When we first got married, my wife and I made a decision to go to bed together at the same time. We had been told by more than one person that schedules can get hectic and bed time can help us reconnect daily. And we believed it.
For the first few months, we disciplined ourselves, and it wasn’t easy. During that first year, we both were working full time, and I was getting my Master’s degree from a school an hour away from where we lived. It didn’t matter if one of us worked late or if I had homework, we made it a point to go to bed at the same time, every night.
Until that one night, in the middle of the semester.
That’s going to happen, by the way. If you’re getting married, and you’re setting up rules to live by, understand that those rules must conform to how you’re living. When we decided to go to bed together, we didn’t quite grasp the idea that both of us were going to be unable to make that commitment all the time. Making a rule that will only end up in unneeded guilt doesn’t help anyone.
So back to the scene.
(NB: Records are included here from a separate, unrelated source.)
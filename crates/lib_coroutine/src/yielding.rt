// Coroutines that yield (luaB_yield of lcorolib.c).
ghost use Rattle.std.specs.Prelude.{◌≡◌, [], IfOk, OnErr};
ghost use Rattle.machine_core.specs.MachineStep.{yield_row};
ghost use Rattle.move_laws.specs.Memory.{HasStack, InOrder, IsSafe, Leads};
ghost use Rattle.machine_moves.specs.Ending.{ending_of};

use lua_heap::World;
use machine_coroutines::{runs_main, suspend};
use machine_moves::{Ending, give_values, hand_over, put_in_front, take_moving};
use std::alloc::AllocError;
use table_core::Value;

/// The row of `coroutine.yield`: the running coroutine waits, and the `resume` that it came from answers true and what was yielded. Where it is the main
/// one, the turn ends. A refusal changes nothing.
pub fn yield_running(world: &mut World) -> Result<Ending, AllocError>
    requires order { InOrder world.old }
    requires running { HasStack world.old }
    requires safe { IsSafe yield_row [] world.old }
    ensures leads { IfOk result (λ ending. Leads yield_row [] world.old world.new (ending_of ending)) }
    ensures order { InOrder world.new }
    ensures err { OnErr result (world.new ≡ world.old) }
{
    if runs_main(world) {
        suspend(world);
        return Ok(Ending::MainYielded);
    }
    let answer = put_in_front(world.alloc, &[Value::Bool(true)], &world.moving)?;
    suspend(world);
    take_moving(world);
    give_values(world, answer);
    Ok(hand_over(world))
}
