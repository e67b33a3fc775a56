//! Cases of operations on values in memory, by the handlers of metatables: what no clause of their crate says.
//! They stand in a crate of their own, so that it is not proved once more for them.
#![tactic(auto)]

#[cfg(test)]
mod operations;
Sunday had endured a rough day, and I was getting settled into a long night of reading and research.
Then she yawned. She followed that by a stretch, and an even louder yawn. I tried to ignore the staring and the blinking and the loud coughing hints that she was going to bed. I didn’t look up when she came back in the living room, brushing her teeth. I didn’t bat an eye when she leaned over to kiss me good night, wearing her flannel pajamas.
I didn’t get up. I didn’t say anything.